Some liberal activists hold out tenuous hope Roberts takes a more active role as a "swing" vote-- now occupied almost exclusively by Kennedy-- but there is little immediate evidence he will drift left with abandon. Roberts wrote the dissent last year when the court struck down state laws banning same-sex marriage. He said the 5-4 majority's conclusion-- authored by Kennedy-- of a nationwide right guaranteed by equal protection and due process, was misguided.

In language many social conservatives applauded, Roberts said the opinion was about political will, not legal judgment.

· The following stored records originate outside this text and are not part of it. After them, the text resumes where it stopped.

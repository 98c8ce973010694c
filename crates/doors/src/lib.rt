// The functions for a host in Rust or C, on numbers and byte slices. Each returns one u64: the count
// or the score's 32 bits, or on a refusal its number times 2^32 plus the place.
#![tactic(auto)]

ghost use Rattle.f32_answers.specs.Answer.{ScoreNumbers};
ghost use Rattle.refusal.specs.Answer.{Numbers};
ghost use Rattle.refusal.specs.Lent.{lent};
ghost use Rattle.encoder.specs.Promise.{Measures, Encodes, EncodesPlain};
ghost use Rattle.readings.specs.Promise.{DecodesBytes};

use f32_answers::word_number;
use readings::viterbi_decode_bytes;

// Plain K5 at rate 1/2, with no zeros added.
#[unsafe(no_mangle)]
pub extern "C" fn relay_conv_encode(bits: &[u8], out: &mut [u8]) -> u64
    ensures { EncodesPlain (Numbers result) bits.now (lent out) }
{
    refusal::count_number(encoder::conv_encode(bits, out))
}

// The zero-tailed, punctured codeword of the info bits.
#[unsafe(no_mangle)]
pub extern "C" fn relay_encode(code: u8, rate: u8, info: &[u8], out: &mut [u8]) -> u64
    ensures { Encodes (Numbers result) code rate info.now (lent out) }
{
    refusal::count_number(encoder::conv_encode_punctured_with(code, info, rate, out))
}

// How many coded bits an info count gives.
#[unsafe(no_mangle)]
pub extern "C" fn relay_coded_len(code: u8, rate: u8, info: usize) -> u64
    ensures { Measures (Numbers result) code rate info }
{
    refusal::count_number(encoder::punctured_coded_len_with(code, info, rate))
}

// The word that the readings fit best, of readings as four bytes each, low first.
#[unsafe(no_mangle)]
pub extern "C" fn relay_decode(
    code: u8,
    rate: u8,
    info: usize,
    readings: &[u8],
    out: &mut [u8],
    scratch: &mut [u8],
) -> u64
    ensures { DecodesBytes (ScoreNumbers result) code rate info readings.now (lent out) (lent scratch) }
{
    word_number(viterbi_decode_bytes(code, readings, info, rate, out, scratch))
}
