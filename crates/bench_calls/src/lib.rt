// Functions for the bench and the comparison alone: document 01 gives these entries no door. Each answer is
// one u64, as a door's.
#![tactic(auto)]

ghost use Rattle.std.specs.Prelude.{◌≡◌, ◌<◌, length};
ghost use Rattle.refusal.specs.Answer.{Says, Numbers};
ghost use Rattle.refusal.specs.Lent.{lent};
ghost use Rattle.streaming.specs.Said.{emitted_said};
ghost use Rattle.streaming.specs.Decoder.{held};
ghost use Rattle.streaming.specs.Promise.{Feeds, Flushes};
ghost use Rattle.symbols.specs.Promise.{DecodesSymbols};
ghost use Rattle.varicode_words.specs.Word.{letter_said, decode_of};
ghost use Rattle.bench_calls.specs.Number.{EmitNumbers, letter_number};
ghost use Rattle.bench_calls.specs.Promise.{Streams};
ghost use Rattle.bench_calls.specs.Inner.{PutsBits};

use refusal::Refusal;
use streaming::{Emitted, StreamingViterbi};

// The block decoder of symbols.
#[unsafe(no_mangle)]
pub extern "C" fn timed_viterbi_decode(soft: &[f32], out: &mut [u8], scratch: &mut [u8]) -> u64
    ensures { DecodesSymbols (Numbers result) soft.now (lent out) (lent scratch) }
{
    refusal::count_number(symbols::viterbi_decode(soft, out, scratch))
}

// The bit of an answer goes to a place; answers where the next one goes.
fn put_bit(answer: Emitted, at: usize, out: &mut [u8]) -> usize
    requires { at < length out.old }
    ensures { PutsBits answer at result (lent out) }
{
    match answer {
        Ok(Some(bit)) => {
            out[at] = bit;
            at + 1
        }
        Ok(None) => at,
        Err(_) => at,
    }
}

// A fresh streaming decoder fed by value with every symbol, re and im in turn.
fn stream(soft: &[f32], out: &mut [u8]) -> Result<usize, Refusal>
    ensures { Streams (Says result) soft.now (lent out) }
{
    let count = soft.len() / 2;
    if out.len() < count {
        return Err(Refusal::ShortOutput);
    }
    let mut d = StreamingViterbi::new();
    // Counted by hand: how many bits come is seen as they come.
    let mut written = 0;
    for symbol in soft.chunks_exact(2) {
        let fed = d.feed_symbol(symbol[0], symbol[1]);
        let answer = fed.answer;
        d = fed.coder;
        written = put_bit(answer, written, out);
    }
    Ok(written)
}

// The streaming decoder, by value.
#[unsafe(no_mangle)]
pub extern "C" fn timed_stream(soft: &[f32], out: &mut [u8]) -> u64
    ensures { Streams (Numbers result) soft.now (lent out) }
{
    refusal::count_number(stream(soft, out))
}

// A symbol's answer as one number: a bit, or 2 where there is none yet.
#[tactic(auto, unfolding(refusal::specs::Answer::door_number))]
fn emitted_number(answer: Emitted) -> u64
    ensures { EmitNumbers result (emitted_said answer) }
{
    answer.map_or_else(refusal::refused_number, |bit| bit.map_or(2, u64::from))
}

// The streaming decoder in place: one symbol.
#[unsafe(no_mangle)]
pub extern "C" fn timed_feed(d: &mut StreamingViterbi, re: f32, im: f32) -> u64
    ensures { Feeds (EmitNumbers result) (held d.old) (held d.new) re im }
{
    emitted_number(streaming::feed(d, re, im))
}

// The streaming decoder in place: a flush.
#[unsafe(no_mangle)]
pub extern "C" fn timed_flush(d: &mut StreamingViterbi, out: &mut [u8]) -> u64
    ensures { Flushes (Numbers result) (held d.old) (held d.new) (lent out) }
{
    refusal::count_number(streaming::flush(d, out))
}

// A looked-up byte as one number: the byte, or 256 where there is none.
fn letter_number(letter: Option<u8>) -> u64
    ensures { result ≡ letter_number (letter_said letter) }
{
    letter.map_or(256, u64::from)
}

// The Varicode lookup.
#[unsafe(no_mangle)]
pub extern "C" fn timed_varicode_decode(bits: u16, len: u8) -> u64
    ensures { result ≡ letter_number (decode_of bits len) }
{
    letter_number(varicode_words::varicode_decode(bits, len))
}
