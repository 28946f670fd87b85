// Files read into lent room, and refusals put on standard output.
pub mod printing;
pub mod reading;
pub mod telling;
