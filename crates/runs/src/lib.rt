// A run of coefficients for a whole page (docs/RULES.md, "Sending a page"): where each place's coordinates stand in a
// run, and what the call send says and leaves, as definitions with their laws. No function is here.
#![tactic(auto)]
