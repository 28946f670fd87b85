// The cell of a place: which cell of a page is meant, and what its record is to name.
ghost use Rattle.cells.specs.Spots.{Locatable, IsSpot};

use layout::inner::{cell, cells};
use layout::{Layout, Position};
use records::inner::Named;

// Which cell of a page is meant, and the book, the place and the row that a record in it is to name.
#[derive(Clone, Copy)]
pub struct Spot {
    pub position: Position,
    pub named: Named,
}

// The cell of this place of this book in a page of so many books, which have so many places, kept in this layout.
pub fn locate(layout: Layout, places: usize, books: usize, named: Named) -> Spot
    requires { Locatable places books named }
    ensures { IsSpot layout places books named result }
{
    let position = Position {
        layout,
        cells: cells(places, books),
        cell: cell(places, named.book, named.place),
    };
    Spot { position, named }
}
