// What the two programs read and print with (docs/RULES.md, "Listing program" and "Sender program"). No call stands
// here: the calls that decide what is printed are in `report` and `sending`.
#![tactic(auto)]

pub mod inner;
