// Whether refusal 12 is given for a cell, and the page rule.
ghost use Rattle.std.specs.Prelude.{◌≡◌, length};
ghost use Rattle.records.specs.Record.{record_length};
ghost use Rattle.layout.specs.Layout.{set_cell};
ghost use Rattle.rules.specs.Taking.{arrive_cell, take_cell};
ghost use Rattle.cells.specs.Spots.{SpotIn, page_there, cell_there, bad_named, bad_there};

use crate::inner::spot::Spot;
use layout::inner::{record_at, set_cell, state_at};
use records::inner::{Named, named_in};

// Whether the cell of a place has a state above 2, or holds a record of another book, another place or another row than
// these.
#[tactic(auto, unfolding(rules::specs::Taking::bad_cell))]
fn bad_cell(named: Named, state: u8, bytes: &[u8]) -> bool
    requires { length bytes.now ≡ record_length }
    ensures { result ≡ bad_named named (record { state = state; bytes = bytes.now }) }
{
    2 < state || (state == 1 && named_in(bytes) != named)
}

// The same of the cell of a place.
pub fn bad_at(page: &[u8], spot: Spot) -> bool
    requires { SpotIn page.now spot }
    ensures { result ≡ bad_there page.now spot }
{
    bad_cell(
        spot.named,
        state_at(page, spot.position),
        record_at(page, spot.position),
    )
}

// The page rule: empty becomes held, held with other bytes becomes contested, and otherwise the cell stays.
#[tactic(auto, using(crate::proofs::Spots::stays), unfolding(rules::specs::Taking::take_cell))]
fn take_cell(page: &mut [u8], spot: Spot, bytes: &[u8])
    requires { SpotIn page.old spot × (length bytes.now ≡ record_length) }
    ensures { page_there page.new spot
        ≡ set_cell (page_there page.old spot) spot.position.cell (take_cell bytes.now (cell_there page.old spot)) }
{
    let at = spot.position;
    match state_at(page, at) {
        0 => set_cell(page, at, 1, bytes),
        1 if record_at(page, at) != bytes => set_cell(page, at, 2, &[0; 8]),
        _ => {}
    }
}

// A record into the cell of the place that it names, unless refusal 12 is given for the cell; whether it is given.
#[tactic(auto, using(crate::proofs::Spots::stays))]
pub fn arrive(page: &mut [u8], spot: Spot, bytes: &[u8]) -> bool
    requires { SpotIn page.old spot × (length bytes.now ≡ record_length) }
    ensures { (result ≡ bad_there page.old spot)
        × (page_there page.new spot ≡ set_cell (page_there page.old spot) spot.position.cell
        (arrive_cell spot.named.book spot.named.place spot.named.row bytes.now (cell_there page.old spot))) }
{
    if bad_at(page, spot) {
        return true;
    }
    take_cell(page, spot, bytes);
    false
}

“The court invalidates the marriage laws of more than half the states and orders the transformation of a social institution that has formed the basis of human society for millennia," he said.  "Just who do we think we are?"

This past spring he was firmly in the conservative camp in two high-profile cases: on the losing side when Texas' restrictions on abortion clinic access were tossed out as overly burdensome to women seeking the procedure; and prevailing when President Obama's executive action on immigration was blocked from going into effect.

Political Football

Ten days before Scalia's death in February, Roberts was unusually candid making the case courts should have a limited role, resisting the temptation to be the final arbiter of issues great and small.

And he offered a prescient warning of sorts of the effects a partisan fight over filling the pending and future Supreme Court vacancies can have.

"We don't work as Democrats or Republicans, and I think it's a very unfortunate perception that the public might get from the confirmation process," he said. "When you have a sharply political divisive hearing process, it increases the danger that whoever comes out of it will be viewed in those terms," he said.

Then Roberts indirectly addressed suggestions then roiling in the presidential primaries that he and the court were engaging in "judicial activism'-- the ultimate dis.

"If we uphold a particular political decision, that remains the decision of the political branches, and the fact that it may lead to criticism of us is often a mistake," he said. "We do have to be above or apart from the criticism because we, of course, make unpopular decisions-- very unpopular decisions."